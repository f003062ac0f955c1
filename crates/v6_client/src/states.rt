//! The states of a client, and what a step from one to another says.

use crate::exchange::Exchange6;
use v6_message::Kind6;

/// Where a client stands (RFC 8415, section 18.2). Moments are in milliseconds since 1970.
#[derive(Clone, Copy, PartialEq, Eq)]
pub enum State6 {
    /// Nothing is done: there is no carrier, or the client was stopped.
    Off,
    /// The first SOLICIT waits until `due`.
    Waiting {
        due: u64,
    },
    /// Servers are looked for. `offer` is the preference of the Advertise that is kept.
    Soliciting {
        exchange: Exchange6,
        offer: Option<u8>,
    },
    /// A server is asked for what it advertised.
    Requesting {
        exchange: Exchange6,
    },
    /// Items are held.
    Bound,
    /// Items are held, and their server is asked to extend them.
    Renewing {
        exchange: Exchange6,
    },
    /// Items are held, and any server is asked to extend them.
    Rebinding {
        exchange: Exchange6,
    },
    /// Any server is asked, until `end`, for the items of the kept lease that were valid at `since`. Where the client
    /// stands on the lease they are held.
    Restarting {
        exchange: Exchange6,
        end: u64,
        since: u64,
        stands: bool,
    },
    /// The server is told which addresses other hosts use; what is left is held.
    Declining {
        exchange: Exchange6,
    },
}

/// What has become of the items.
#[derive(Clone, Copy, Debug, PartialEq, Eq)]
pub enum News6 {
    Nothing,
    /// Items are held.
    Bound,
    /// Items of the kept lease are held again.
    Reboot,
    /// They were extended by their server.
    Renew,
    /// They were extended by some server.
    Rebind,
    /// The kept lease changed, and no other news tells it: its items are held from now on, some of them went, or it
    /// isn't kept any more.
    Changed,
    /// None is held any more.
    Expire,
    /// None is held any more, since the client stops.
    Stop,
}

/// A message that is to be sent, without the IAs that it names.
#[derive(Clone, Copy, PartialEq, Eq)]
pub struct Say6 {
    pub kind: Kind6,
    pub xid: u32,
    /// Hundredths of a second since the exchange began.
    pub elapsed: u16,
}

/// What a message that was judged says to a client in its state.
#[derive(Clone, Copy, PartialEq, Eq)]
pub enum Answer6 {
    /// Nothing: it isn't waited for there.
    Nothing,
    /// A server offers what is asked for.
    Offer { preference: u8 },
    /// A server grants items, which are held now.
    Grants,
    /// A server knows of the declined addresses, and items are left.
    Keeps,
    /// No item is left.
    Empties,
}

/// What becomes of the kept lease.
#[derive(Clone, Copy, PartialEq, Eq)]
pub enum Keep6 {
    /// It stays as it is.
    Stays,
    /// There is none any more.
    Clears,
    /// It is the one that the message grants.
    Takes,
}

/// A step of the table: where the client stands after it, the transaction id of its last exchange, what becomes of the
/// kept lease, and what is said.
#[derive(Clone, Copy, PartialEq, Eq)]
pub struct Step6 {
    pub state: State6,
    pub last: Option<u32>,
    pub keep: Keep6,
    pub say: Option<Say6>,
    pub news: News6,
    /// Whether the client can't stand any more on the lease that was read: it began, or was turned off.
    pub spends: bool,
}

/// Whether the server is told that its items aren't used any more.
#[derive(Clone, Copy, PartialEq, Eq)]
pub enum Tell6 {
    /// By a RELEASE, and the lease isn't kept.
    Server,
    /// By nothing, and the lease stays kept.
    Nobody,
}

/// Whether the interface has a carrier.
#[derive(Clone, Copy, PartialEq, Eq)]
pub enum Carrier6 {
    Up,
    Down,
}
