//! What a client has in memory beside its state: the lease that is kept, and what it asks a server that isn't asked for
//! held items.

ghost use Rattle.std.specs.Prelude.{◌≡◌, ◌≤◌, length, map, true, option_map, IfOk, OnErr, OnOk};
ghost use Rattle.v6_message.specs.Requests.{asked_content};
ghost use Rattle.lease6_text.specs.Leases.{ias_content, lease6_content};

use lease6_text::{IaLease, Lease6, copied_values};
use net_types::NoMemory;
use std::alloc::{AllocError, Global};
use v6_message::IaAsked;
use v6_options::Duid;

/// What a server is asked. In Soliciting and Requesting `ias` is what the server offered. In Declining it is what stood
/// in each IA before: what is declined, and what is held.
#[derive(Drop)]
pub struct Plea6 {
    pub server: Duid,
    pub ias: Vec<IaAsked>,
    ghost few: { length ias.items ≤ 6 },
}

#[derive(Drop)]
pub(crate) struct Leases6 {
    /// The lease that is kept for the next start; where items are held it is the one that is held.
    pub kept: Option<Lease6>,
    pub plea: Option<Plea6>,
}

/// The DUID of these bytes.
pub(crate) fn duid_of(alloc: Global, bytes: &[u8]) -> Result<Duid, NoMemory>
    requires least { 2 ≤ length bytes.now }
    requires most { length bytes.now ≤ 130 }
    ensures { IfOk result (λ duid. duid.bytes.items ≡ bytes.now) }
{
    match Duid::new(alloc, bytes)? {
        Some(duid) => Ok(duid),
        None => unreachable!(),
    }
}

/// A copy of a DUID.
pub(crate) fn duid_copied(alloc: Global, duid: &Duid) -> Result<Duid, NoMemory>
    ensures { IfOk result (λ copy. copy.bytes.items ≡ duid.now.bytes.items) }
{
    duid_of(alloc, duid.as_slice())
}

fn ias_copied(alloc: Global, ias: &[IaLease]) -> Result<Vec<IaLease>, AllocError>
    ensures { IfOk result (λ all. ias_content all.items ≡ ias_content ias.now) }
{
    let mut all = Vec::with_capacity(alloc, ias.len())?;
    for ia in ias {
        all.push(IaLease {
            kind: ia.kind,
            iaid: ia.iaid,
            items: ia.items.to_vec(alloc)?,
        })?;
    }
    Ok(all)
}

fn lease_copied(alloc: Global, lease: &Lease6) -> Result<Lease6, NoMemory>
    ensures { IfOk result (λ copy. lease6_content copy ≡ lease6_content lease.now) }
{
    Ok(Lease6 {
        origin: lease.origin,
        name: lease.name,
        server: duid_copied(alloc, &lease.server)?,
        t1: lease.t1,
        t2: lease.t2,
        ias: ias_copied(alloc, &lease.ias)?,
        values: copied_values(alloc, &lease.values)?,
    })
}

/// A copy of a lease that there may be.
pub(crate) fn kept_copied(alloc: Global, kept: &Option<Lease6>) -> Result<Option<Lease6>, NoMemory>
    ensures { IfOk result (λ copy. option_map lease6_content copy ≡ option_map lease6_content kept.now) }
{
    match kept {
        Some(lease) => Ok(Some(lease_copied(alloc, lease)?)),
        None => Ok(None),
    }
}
----
• _TASK GOAL_:
Write out every record, exactly as written.

• _EXERCISE SOLUTION_:
repository f003062ac0f955c1
filename crates/v6_client/src/states.rt
//! The states of a client, and what a step from one to another says.

use crate::exchange::Exchange6;
use v6_message::Kind6;

/// Where a client stands (RFC 8415, section 18.2). Moments are in milliseconds since 1970.
#[derive(Clone, Copy, PartialEq, Eq)]
pub enum State6 {
    /// Nothing is done: there is no carrier, or the client was stopped.
    Off,
    /// The first SOLICIT waits until `due`.
    Waiting {
        due: u64,
    },
    /// Servers are looked for. `offer` is the preference of the Advertise that is kept.
    Soliciting {
        exchange: Exchange6,
        offer: Option<u8>,
    },
    /// A server is asked for what it advertised.
    Requesting {
        exchange: Exchange6,
    },
    /// Items are held.
    Bound,
    /// Items are held, and their server is asked to extend them.
    Renewing {
        exchange: Exchange6,
    },
    /// Items are held, and any server is asked to extend them.
    Rebinding {
        exchange: Exchange6,
    },
    /// Any server is asked, until `end`, for the items of the kept lease that were valid at `since`. Where the client
    /// stands on the lease they are held.
    Restarting {
        exchange: Exchange6,
        end: u64,
        since: u64,
        stands: bool,
    },
    /// The server is told which addresses other hosts use; what is left is held.
    Declining {
        exchange: Exchange6,
    },
}

/// What has become of the items.
#[derive(Clone, Copy, Debug, PartialEq, Eq)]
pub enum News6 {
    Nothing,
    /// Items are held.
    Bound,
    /// Items of the kept lease are held again.
    Reboot,
    /// They were extended by their server.
    Renew,
    /// They were extended by some server.
    Rebind,
    /// The kept lease changed, and no other news tells it: its items are held from now on, some of them went, or it
    /// isn't kept any more.
    Changed,
    /// None is held any more.
    Expire,
    /// None is held any more, since the client stops.
    Stop,
}

/// A message that is to be sent, without the IAs that it names.
#[derive(Clone, Copy, PartialEq, Eq)]
pub struct Say6 {
    pub kind: Kind6,
    pub xid: u32,
    /// Hundredths of a second since the exchange began.
    pub elapsed: u16,
}

/// What a message that was judged says to a client in its state.
#[derive(Clone, Copy, PartialEq, Eq)]
pub enum Answer6 {
    /// Nothing: it isn't waited for there.
    Nothing,
    /// A server offers what is asked for.
    Offer { preference: u8 },
    /// A server grants items, which are held now.
    Grants,
    /// A server knows of the declined addresses, and items are left.
    Keeps,
    /// No item is left.
    Empties,
}

/// What becomes of the kept lease.
#[derive(Clone, Copy, PartialEq, Eq)]
pub enum Keep6 {
    /// It stays as it is.
    Stays,
    /// There is none any more.
    Clears,
    /// It is the one that the message grants.
    Takes,
}

/// A step of the table: where the client stands after it, the transaction id of its last exchange, what becomes of the
/// kept lease, and what is said.
#[derive(Clone, Copy, PartialEq, Eq)]
pub struct Step6 {
    pub state: State6,
    pub last: Option<u32>,
    pub keep: Keep6,
    pub say: Option<Say6>,
    pub news: News6,
    /// Whether the client can't stand any more on the lease that was read: it began, or was turned off.
    pub spends: bool,
}

/// Whether the server is told that its items aren't used any more.
#[derive(Clone, Copy, PartialEq, Eq)]
pub enum Tell6 {
    /// By a RELEASE, and the lease isn't kept.
    Server,
    /// By nothing, and the lease stays kept.
    Nobody,
}

/// Whether the interface has a carrier.
#[derive(Clone, Copy, PartialEq, Eq)]
pub enum Carrier6 {
    Up,
    Down,
}
//! What a client has in memory beside its state: the lease that is kept, and what it asks a server that isn't asked for
//! held items.

ghost use Rattle.std.specs.Prelude.{◌≡◌, ◌≤◌, length, map, true, option_map, IfOk, OnErr, OnOk};
ghost use Rattle.v6_message.specs.Requests.{asked_content};
ghost use Rattle.lease6_text.specs.Leases.{ias_content, lease6_content};

use lease6_text::{IaLease, Lease6, copied_values};
use net_types::NoMemory;
use std::alloc::{AllocError, Global};
use v6_message::IaAsked;
use v6_options::Duid;

/// What a server is asked. In Soliciting and Requesting `ias` is what the server offered. In Declining it is what stood
/// in each IA before: what is declined, and what is held.
#[derive(Drop)]
pub struct Plea6 {
    pub server: Duid,
    pub ias: Vec<IaAsked>,
    ghost few: { length ias.items ≤ 6 },
}

#[derive(Drop)]
pub(crate) struct Leases6 {
    /// The lease that is kept for the next start; where items are held it is the one that is held.
    pub kept: Option<Lease6>,
    pub plea: Option<Plea6>,
}

/// The DUID of these bytes.
pub(crate) fn duid_of(alloc: Global, bytes: &[u8]) -> Result<Duid, NoMemory>
    requires least { 2 ≤ length bytes.now }
    requires most { length bytes.now ≤ 130 }
    ensures { IfOk result (λ duid. duid.bytes.items ≡ bytes.now) }
{
    match Duid::new(alloc, bytes)? {
        Some(duid) => Ok(duid),
        None => unreachable!(),
    }
}

/// A copy of a DUID.
pub(crate) fn duid_copied(alloc: Global, duid: &Duid) -> Result<Duid, NoMemory>
    ensures { IfOk result (λ copy. copy.bytes.items ≡ duid.now.bytes.items) }
{
    duid_of(alloc, duid.as_slice())
}

fn ias_copied(alloc: Global, ias: &[IaLease]) -> Result<Vec<IaLease>, AllocError>
    ensures { IfOk result (λ all. ias_content all.items ≡ ias_content ias.now) }
{
    let mut all = Vec::with_capacity(alloc, ias.len())?;
    for ia in ias {
        all.push(IaLease {
            kind: ia.kind,
            iaid: ia.iaid,
            items: ia.items.to_vec(alloc)?,
        })?;
    }
    Ok(all)
}

fn lease_copied(alloc: Global, lease: &Lease6) -> Result<Lease6, NoMemory>
    ensures { IfOk result (λ copy. lease6_content copy ≡ lease6_content lease.now) }
{
    Ok(Lease6 {
        origin: lease.origin,
        name: lease.name,
        server: duid_copied(alloc, &lease.server)?,
        t1: lease.t1,
        t2: lease.t2,
        ias: ias_copied(alloc, &lease.ias)?,
        values: copied_values(alloc, &lease.values)?,
    })
}

/// A copy of a lease that there may be.
pub(crate) fn kept_copied(alloc: Global, kept: &Option<Lease6>) -> Result<Option<Lease6>, NoMemory>
    ensures { IfOk result (λ copy. option_map lease6_content copy ≡ option_map lease6_content kept.now) }
{
    match kept {
        Some(lease) => Ok(Some(lease_copied(alloc, lease)?)),
        None => Ok(None),
    }
}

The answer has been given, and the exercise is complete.